Harmful protein build-up predicts brain tissue damage in Alzheimer’s disease, study finds

Build-up of a harmful protein in the brain can predict atrophy in Alzheimer’s disease patients at least one year in advance.

Previous studies have shown that two tell-tale plaques, amyloid beta and tau, form clumps that smother and destroy neurons.  

But researchers found that only accumulation of the tau protein was indicative of where damage would occur as Alzheimer’s progressed.

The team, from the University of San Francisco Memory and Aging Center, says the findings shed fresh light on the age-related brain disease and that either drugs could prevent this neurodegeneration or that scans predicting future atrophy could lead to personalized dementia care. 

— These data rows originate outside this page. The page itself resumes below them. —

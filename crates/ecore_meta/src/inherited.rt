// The tables of what each class inherits: the features that are seen in it, and the classes that it conforms to.
ghost use Rattle.std.specs.Prelude.{◌≡◌, ℕ, ◌<◌, ◌↔◌, ◌++◌, List, [], ◌∷◌, length, IfOk, OnOk, slice_index_or, Contains, flat_map};
ghost use Rattle.std.specs.List.Sorted.{IsStrictlyIncreasing};
ghost use Rattle.atl_base.specs.declared.numbers.ClassId.{ClassId};
ghost use Rattle.atl_base.specs.declared.numbers.FeatId.{FeatId};
ghost use Rattle.ecore_meta.specs.Inheritance.{IsAcyclic, distinct, features};
ghost use Rattle.ecore_meta.specs.Order.{AreWithin, IsSupersFirst};
ghost use Rattle.ecore_meta.specs.Tables.{AreFeatureLists, AreConformed};

use crate::parts::Class;
use atl_base::numbers::{ClassId, FeatId};
use indexmap::IndexSet;
use sqlite_items::Items;
use std::alloc::{AllocError, Global};

// Adds the features that are not there yet at the end.
fn add_new(seen: &mut IndexSet<FeatId>, features: &[FeatId]) -> Result<(), AllocError>
    ensures { OnOk result ((before : List FeatId) → seen.old.keys ≡ distinct before
        → seen.new.keys ≡ distinct (before ++ features.now)) }
{
    for feature in features {
        seen.insert(*feature)?;
    }
    Ok(())
}

// The features of a class, from the lists of its supertypes.
fn features_seen(
    alloc: Global,
    class: &Class,
    lists: &[Items<FeatId>],
) -> Result<Items<FeatId>, AllocError>
    requires { (s : ClassId) → Contains class.now.supers s → s.0 < length lists.now }
    ensures { IfOk result (λ list.
        list ≡ distinct (flat_map (λ s. slice_index_or lists.now s.0 []) class.now.supers) ++ class.now.own) }
{
    let mut seen = IndexSet::new(alloc);
    for sup in class.supers.as_slice() {
        add_new(&mut seen, lists[sup.0 as usize].as_slice())?;
    }
    let mut list = Vec::from_slice(alloc, seen.as_slice())?;
    list.extend_from_slice(class.own.as_slice())?;
    Ok(Items::from_vec(list))
}

// The places of the classes that a class conforms to, from the lists of its supertypes.
fn conformed(
    alloc: Global,
    class: usize,
    supers: &[ClassId],
    lists: &[Items<usize>],
) -> Result<Items<usize>, AllocError>
    requires { (s : ClassId) → Contains supers.now s → s.0 < length lists.now }
    ensures rising { IfOk result IsStrictlyIncreasing }
    ensures each { IfOk result (λ list. (d : ℕ) →
        Contains list d ↔ Contains (class ∷ flat_map (λ s. slice_index_or lists.now s.0 []) supers.now) d) }
{
    let mut list = vec![in alloc; class]?;
    for sup in supers {
        list.extend_from_slice(lists[sup.0 as usize].as_slice())?;
    }
    list.sort()?;
    list.dedup();
    Ok(Items::from_vec(list))
}

// As many empty lists.
fn empty_lists<T: Drop>(alloc: Global, count: usize) -> Result<Vec<Items<T>>, AllocError>
    ensures { IfOk result (λ lists. length lists.items ≡ count) }
{
    let mut lists = Vec::with_capacity(alloc, count)?;
    for _ in 0..count {
        lists.push(Items::new(alloc))?;
    }
    Ok(lists)
}

// For each class the features that are seen in it.
pub(crate) fn feature_lists(
    alloc: Global,
    classes: &[Class],
    order: &[usize],
) -> Result<Vec<Items<FeatId>>, AllocError>
    requires acyclic { IsAcyclic classes.now }
    requires within { AreWithin classes.now }
    requires order { IsSupersFirst classes.now order.now }
    ensures { IfOk result (λ lists. AreFeatureLists classes.now lists.items) }
{
    let mut lists = empty_lists(alloc, classes.len())?;
    for class in order {
        let list = features_seen(alloc, &classes[*class], &lists)?;
        lists[*class] = list;
    }
    Ok(lists)
}

// For each class the places of the classes that it conforms to.
pub(crate) fn conformed_lists(
    alloc: Global,
    classes: &[Class],
    order: &[usize],
) -> Result<Vec<Items<usize>>, AllocError>
    requires within { AreWithin classes.now }
    requires order { IsSupersFirst classes.now order.now }
    ensures { IfOk result (λ lists. AreConformed classes.now lists.items) }
{
    let mut lists = empty_lists(alloc, classes.len())?;
    for class in order {
        let list = conformed(alloc, *class, classes[*class].supers.as_slice(), &lists)?;
        lists[*class] = list;
    }
    Ok(lists)
}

A new study from the University of San Francisco has found that levels of tau protein in the brain were more predictive of future degeneration compared to amyloid proteins in Alzheimer’s patients (file image)

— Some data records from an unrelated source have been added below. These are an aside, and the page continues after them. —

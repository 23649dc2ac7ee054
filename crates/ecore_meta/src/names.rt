// The features of each class by their names: a name leads to the place of a feature that bears it, and in each class
// that place leads to the class's own feature of the name.
ghost use Rattle.std.specs.Prelude.{◌≡◌, ◌⊎◌, ℕ, ◌<◌, List, [], length, map, IfOk, OnOk, Some, Contains, slice_index, slice_index_or};
ghost use Rattle.std.specs.HashMap.{get_by_text};
ghost use Rattle.atl_base.specs.declared.numbers.FeatId.{FeatId};
ghost use Rattle.ecore_meta.specs.Valid.{AllDiffer};
ghost use Rattle.ecore_meta.specs.Tables.{AreFirsts, ArePlacesOf, IsRow, Row};

use crate::parts::Feature;
use atl_base::numbers::FeatId;
use sqlite_items::Items;
use std::alloc::{AllocError, Global};
use std::collections::HashMap;

// For each name of a feature the place of the first that bears it, and for each feature that place.
#[derive(Drop)]
pub(crate) struct Places {
    pub firsts: HashMap<String, usize>,
    pub of: Vec<usize>,
}

// The place that a name leads to: this one, where it leads to none yet.
fn place_of(
    alloc: Global,
    firsts: &mut HashMap<String, usize>,
    name: &str,
    place: usize,
) -> Result<usize, AllocError>
    ensures here { IfOk result (λ first. get_by_text firsts.new name.now ≡ Some first) }
    ensures kept { OnOk result ((q : List ℕ) (i : ℕ) → get_by_text firsts.old q ≡ Some i
        → get_by_text firsts.new q ≡ Some i) }
    ensures added { OnOk result ((q : List ℕ) (i : ℕ) → get_by_text firsts.new q ≡ Some i
        → ((get_by_text firsts.old q ≡ Some i) ⊎ ((q ≡ name.now) × (i ≡ place)))) }
{
    if let Some(first) = firsts.get(name) {
        return Ok(*first);
    }
    firsts.insert(String::from_str(alloc, name)?, place)?;
    Ok(place)
}

// For each name of a feature the place of the first that bears it.
pub(crate) fn first_places(alloc: Global, features: &[Feature]) -> Result<Places, AllocError>
    ensures firsts { IfOk result (λ places. AreFirsts features.now places.firsts) }
    ensures of { IfOk result (λ places. ArePlacesOf features.now places.firsts places.of.items) }
{
    let mut firsts = HashMap::new(alloc);
    let mut of = Vec::with_capacity(alloc, features.len())?;
    for (place, feature) in features.iter().enumerate() {
        let first = place_of(alloc, &mut firsts, feature.name.as_str(), place)?;
        of.push(first)?;
    }
    Ok(Places { firsts, of })
}

// The features of a class, each under its place.
fn named_row(
    alloc: Global,
    places: &[usize],
    seen: &[FeatId],
) -> Result<HashMap<usize, FeatId>, AllocError>
    requires within { (f : FeatId) → Contains seen.now f → f.0 < length places.now }
    requires differ { AllDiffer (map (λ f. slice_index places.now f.0) seen.now) }
    ensures { IfOk result (IsRow places.now seen.now) }
{
    let mut row = HashMap::new(alloc);
    for feature in seen {
        row.insert(places[feature.0 as usize], *feature)?;
    }
    Ok(row)
}

// The features of each class, each under its place.
pub(crate) fn named_rows(
    alloc: Global,
    places: &[usize],
    lists: &[Items<FeatId>],
) -> Result<Vec<HashMap<usize, FeatId>>, AllocError>
    requires within { (c : ℕ) (f : FeatId) → Contains (slice_index_or lists.now c []) f
        → f.0 < length places.now }
    requires differ { (c : ℕ) →
        AllDiffer (map (λ f. slice_index places.now f.0) (slice_index_or lists.now c [])) }
    ensures lengths { IfOk result (λ rows. length rows.items ≡ length lists.now) }
    ensures each { IfOk result (λ rows. (c : ℕ) (d : Row) → c < length lists.now
        → IsRow places.now (slice_index_or lists.now c []) (slice_index_or rows.items c d)) }
{
    let mut rows = Vec::with_capacity(alloc, lists.len())?;
    for list in lists {
        rows.push(named_row(alloc, places, list.as_slice())?)?;
    }
    Ok(rows)
}
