// That what a file tells is text. Each `Text` is one by its type; a contract learns it where the text is looked at.
ghost use Rattle.xmi_text.specs.Markup.{sub_elements};
ghost use Rattle.ecore_outline.specs.Entries.{entries_of};
ghost use Rattle.ecore_outline.specs.Texts.{AreAttributeTexts, AreNameTexts, IsElementText, AreTexts};

use crate::outline::Entry;
use doc_text::tree::{Attribute, Child, Element};

fn know_attributes(attributes: &[Attribute])
    ensures { AreAttributeTexts attributes.now }
{
    for i in 0..attributes.len() {
        let attribute = &attributes[i];
        let _name = attribute.name.as_str();
        let _value = attribute.value.as_str();
    }
}

fn know_children(children: &[Child])
    ensures { AreNameTexts (sub_elements children.now) }
{
    for i in 0..children.len() {
        match &children[i] {
            Child::Sub(element) => {
                let _name = element.name.as_str();
            }
            Child::Words(_) => {}
        }
    }
}

fn know_element(element: &Element)
    ensures { IsElementText element.now }
{
    let _name = element.name.as_str();
    know_attributes(element.attributes.as_slice());
    know_children(element.children.as_slice());
}

/// That all texts of a file are texts.
pub fn know_texts(file: &[Entry<'_>])
    ensures { AreTexts (entries_of file.now) }
{
    for i in 0..file.len() {
        know_element(file[i].element);
    }
}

‘No one doubts that amyloid plays a role in Alzheimer’s disease,’ said lead author Dr Renaud La Joie, a postdoctoral researcher at the University of San Francisco. 

‘But more and more tau findings are beginning to shift how people think about what is actually driving the disease.’  

It is estimated that there are about 44 million people worldwide – 5.7 million of whom are Americans of all ages – living with Alzheimer’s disease.

The progressive brain disorder slowly destroys memory, thinking skills and the ability to perform simple tasks.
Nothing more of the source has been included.